Gollancz, 2012, 309 p. Reviewed for Interzone 245, Mar-Apr 2013.
For the first two-thirds of Redshirts the thought recurs that it’s either the most intriguing piece of SF you have read in a long time or else a sad waste of dead tree. The set-up has replacement crew-members on a starship slowly noticing strange events occurring – especially to those who attract the attention of senior officers and are as a result assigned to accompany them on away missions, where, invariably, one of the minions is at best badly injured, at worst killed. So far, so interesting.
The trouble is that the main characters are barely worthy of the name, being more or less indistinguishable. Moreover we are treated to various mundanities of their lives normally omitted in fiction. Yes, they are supposed to be walk-on parts in a different narrative, a bad Science Fiction TV series from our time, and hence might be expected not to be fully fleshed – but they are the main characters in ours and doesn’t the reader always deserves more? Moreover, dialogue is rendered as “Dahl said,” “Duvall said,” “Hester said” etc making it feel like a shopping list. In addition the prose rarely rises above the leaden and workmanlike.

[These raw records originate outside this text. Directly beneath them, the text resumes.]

// Questions 6, 9, 10 and 12.
ghost use Rattle.std.specs.Prelude.{◌≡◌, ℕ, ◌+◌, ◌*◌, ◌≤◌, ◌<◌, length, get_or};
ghost use Rattle.rules.specs.Limits.{most_plots, most_members, family_bytes};
ghost use Rattle.rules.specs.Factor.{number, uniform};
ghost use Rattle.rules.specs.Family.{members_of};
ghost use Rattle.rules.specs.Design.{within_limits, full_within_limits, first_failing};
ghost use Rattle.design.specs.State.{column_at, marked};
ghost use Rattle.design.specs.Search.{first_pair_of, place_told};
ghost use Rattle.design.specs.Treatments.{Numbered};

use crate::closing::PAIRS;
use factor::largest;
use families::member;
use limits::{COLUMNS, FAMILY, INTERACTION, LEVELS, MEMBERS, PLOTS};

// The first failing pair, with places from 1; 0 and 0 where there is none.
#[derive(Clone, Copy)]
pub struct Places {
    pub first: usize,
    pub second: usize,
}

// 6: are the counts within limits and the slices long enough?
pub fn within(plots: usize, columns: usize, levels: usize, family: usize) -> bool
    ensures { result ≡ within_limits plots columns levels family }
{
    (1..=PLOTS).contains(&plots) && columns <= COLUMNS && LEVELS <= levels && FAMILY <= family
}

// 6 for the full design.
pub fn full_within(
    plots: usize,
    plot_columns: usize,
    treatment_columns: usize,
    k: usize,
    levels: usize,
    plot_family: usize,
    treatment_family: usize,
) -> bool
    ensures { result ≡ full_within_limits plots plot_columns treatment_columns k levels plot_family treatment_family }
{
    within(plots, plot_columns, levels, plot_family)
        && treatment_columns <= COLUMNS
        && (1..=INTERACTION).contains(&k)
        && FAMILY <= treatment_family
}

// Whether the classes of member `i` have one size. They are not counted where the largest number tells it: one class, or a class for
// each plot.
fn member_uniform(family: &[u8], n: usize, i: usize) -> bool
    requires { (1 ≤ n) × (n ≤ most_plots) × (family_bytes ≤ length family.now) × (i < most_members) × (number (column_at n family.now i) ≡ column_at n family.now i) }
    ensures { result ≡ uniform n (column_at n family.now i) }
{
    let column = member(family, i, n);
    let k = largest(column);
    k == 1 || k as usize == n || factor::uniform(column)
}

// 9: the place, from 1, of the first member whose classes have not one size.
pub fn first_unequal(family: &[u8], n: usize, size: usize) -> Option<usize>
    requires { (1 ≤ n) × (n ≤ most_plots) × Numbered n family.now size }
    ensures { result ≡ place_told (first_failing (uniform n) 1 (members_of n family.now size)) }
{
    // `i` is a member's place: the family buffer has more bytes than those of its members' plots.
    for i in 0..size {
        if !member_uniform(family, n, i) {
            return Some(i + 1);
        }
    }
    None
}

// Whether members `i` and `j`, in whichever order they were found, have the mark.
fn marked(marks: &[u8], i: usize, j: usize) -> bool
    requires { (length marks.now ≡ 1024) × (i < most_members) × (j < most_members) }
    ensures { result ≡ marked marks.now i j }
{
    marks[MEMBERS * i.max(j) + i.min(j)] != 0
}

// 10 and 12: the first pair of places whose members do not have the mark.
pub fn first_apart(order: &[u8; MEMBERS], marks: &[u8; PAIRS], size: usize) -> Places
    requires { (size ≤ most_members) × ((i : ℕ) → i < size → get_or order.now i 0 < most_members) }
    ensures { result ≡ first_pair_of (λ i j. marked marks.now (get_or order.now i 0) (get_or order.now j 0)) size }
{
    let mut first = 0;
    let mut second = 0;
    'pairs: for i in 0..size {
        for j in (i + 1)..size {
            if !marked(marks, order[i] as usize, order[j] as usize) {
                first = i + 1;
                second = j + 1;
                break 'pairs;
            }
        }
    }
    Places { first, second }
}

And yet the text plays games with narrative and with the reader, features characters who become aware of themselves as players in a story and who take steps to alter their fate. There is even a false ending, allowing Scalzi to address the reader directly.
Viewers of a certain 1960s US TV SF series – which bears a superficial resemblance to the scenario here – may have noticed certain …. illogicalities. Scalzi clearly enjoys laying out the faults, the playing fast and loose with the laws of Physics, the lack of internal consistency, the black box resolutions, which can plague such an enterprise. It is generally not regarded as a good idea for a Science Fiction novel explicitly to refer to SF, yet given the subject matter here it would be remiss not to. Indeed the plot of Redshirts depends on it.
After the amended ending – and making up the last third of the novel Redshirts as an entity – we have no less than three codas, subtitled first person, second person, third person, each narrated in its subtitular mode, respectively by the writer of, and two of the actors in, the TV series. These comment on, illuminate and extend what has gone before. The writer is not cheered by criticism distinguishing between bad writing and being a bad writer, the two actors find their destiny in life. While the codas’ styles are disparate, and thus a welcome relief, the last still has dialogue framed like a shopping list. Crucially though, the characters in them feel real.
In the main narrative Scalzi shows he can do bad writing very well. (Now there’s a back-handed compliment.) If you don’t know what’s to come in the codas, though; if you’re not, say, reading Redshirts for review, that could be a fairly large hurdle to overcome.